[TASK TO CARRY OUT]
In how many lines of the data does the word "default" appear? Give the number by itself.

(SUPPLIED MATERIAL begins)

//! What every object answers by itself (CORBA 3.3 Part 1, 8.3.3, 8.3.4): `_is_a`, by the id of its
//! type, and `_non_existent`, by false. They are added to the files of an interface and of answers
//! that haven't them.

use giop_json::{FormFault, parse_json};
use serde_json::{Map, Value as Json, json};
use std::alloc::{AllocError, Global};

// The operations.
const IS_A: &str = "_is_a";

const NON_EXISTENT: &str = "_non_existent";

/// The texts of an interface, in the plain form, and of the answers to it.
#[derive(Drop)]
pub struct Texts {
    /// That of the interface.
    pub interface: Vec<u8>,
    /// That of the answers.
    pub answers: Vec<u8>,
}

/// These texts of an object whose type has this id: with what every object answers by itself, where
/// the id isn't empty.
pub(super) fn texts_of(
    alloc: Global,
    interface: &[u8],
    type_id: &[u8],
    answers: &[u8],
) -> Result<Texts, AllocError> {
    if type_id.is_empty() {
        return Ok(Texts {
            interface: Vec::from_slice(alloc, interface)?,
            answers: Vec::from_slice(alloc, answers)?,
        });
    }
    let with_answers = with_answers(alloc, interface, type_id, answers);
    let with_operations = with_operations(alloc, interface);
    Ok(Texts {
        interface: or_given(alloc, with_operations, interface)?,
        answers: or_given(alloc, with_answers, answers)?,
    })
}

// A text with more in it; as it was given, where it is refused.
fn or_given(
    alloc: Global,
    text: Result<String, FormFault>,
    given: &[u8],
) -> Result<Vec<u8>, AllocError> {
    match text {
        Ok(text) => Ok(text.into_bytes()),
        Err(FormFault::NoMemory) => Err(AllocError),
        Err(_) => Vec::from_slice(alloc, given),
    }
}

// The text of an interface in the plain form, to which the operations are added that it hasn't.
fn with_operations(alloc: Global, interface: &[u8]) -> Result<String, FormFault> {
    let mut file = parse_json(alloc, interface)?;
    if let Some(operations) = operations_of(&mut file) {
        put_is_a(alloc, operations)?;
        put_non_existent(alloc, operations)?;
    }
    Ok(file.to_string(alloc)?)
}

fn put_is_a(alloc: Global, operations: &mut Map<String, Json>) -> Result<(), AllocError> {
    let outs = json!(in alloc; [["is", "boolean"]])?;
    let is_a = json!(in alloc; {"ins": [["id", "string"]], "outs": outs})?;
    put_wanting(alloc, operations, IS_A, is_a)
}

fn put_non_existent(alloc: Global, operations: &mut Map<String, Json>) -> Result<(), AllocError> {
    let non_existent = json!(in alloc; {"outs": [["is", "boolean"]]})?;
    put_wanting(alloc, operations, NON_EXISTENT, non_existent)
}

// The operations of an interface's file.
fn operations_of(file: &mut Json) -> Option<&mut Map<String, Json>> {
    file.get_mut("operations")?.as_object_mut()
}

// The text of answers, to which those to the operations are added that it doesn't answer, by the
// interface as it was given. The object's type has this id.
fn with_answers(
    alloc: Global,
    interface: &[u8],
    type_id: &[u8],
    answers: &[u8],
) -> Result<String, FormFault> {
    let given = parse_json(alloc, interface)?;
    let mut file = parse_json(alloc, answers)?;
    let default = file.get("*").is_some();
    if let Some(members) = file.as_object_mut() {
        if is_unanswered(&given, default, IS_A) {
            let id = text_of(alloc, type_id)?;
            put_wanting(alloc, members, IS_A, json!(in alloc; {"is_a": id})?)?;
        }
        if is_unanswered(&given, default, NON_EXISTENT) {
            let here = json!(in alloc; {"ok": [false]})?;
            put_wanting(alloc, members, NON_EXISTENT, here)?;
        }
    }
    Ok(file.to_string(alloc)?)
}

// Whether no answer of a file stands for one of the operations where it isn't named: the interface
// hasn't it, or has it with the result that it is to have, and there is no default.
fn is_unanswered(interface: &Json, default: bool, name: &str) -> bool {
    match interface.get("operations").and_then(|all| all.get(name)) {
        Some(operation) => !default && is_boolean(operation),
        None => true,
    }
}

// Whether the result of an operation is one boolean.
fn is_boolean(operation: &Json) -> bool {
    let Some(outs) = operation.get("outs").and_then(Json::as_array) else {
        return false;
    };
    let desc = match outs.as_slice() {
        [out] => out.get(1).and_then(Json::as_str),
        _ => None,
    };
    desc == Some("boolean")
}

// Puts a member there, where none of its name is.
fn put_wanting(
    alloc: Global,
    members: &mut Map<String, Json>,
    name: &str,
    member: Json,
) -> Result<(), AllocError> {
    if members.get(name).is_none() {
        members.insert(String::from_str(alloc, name)?, member)?;
    }
    Ok(())
}

// The text that stands for octets: the octet n is the character U+00n.
fn text_of(alloc: Global, octets: &[u8]) -> Result<Json, AllocError> {
    let mut text = String::with_capacity(alloc, octets.len())?;
    for octet in octets {
        text.push(char::from(*octet))?;
    }
    Ok(Json::String(text))
}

(SUPPLIED MATERIAL ends)

[ANSWER BOX]
6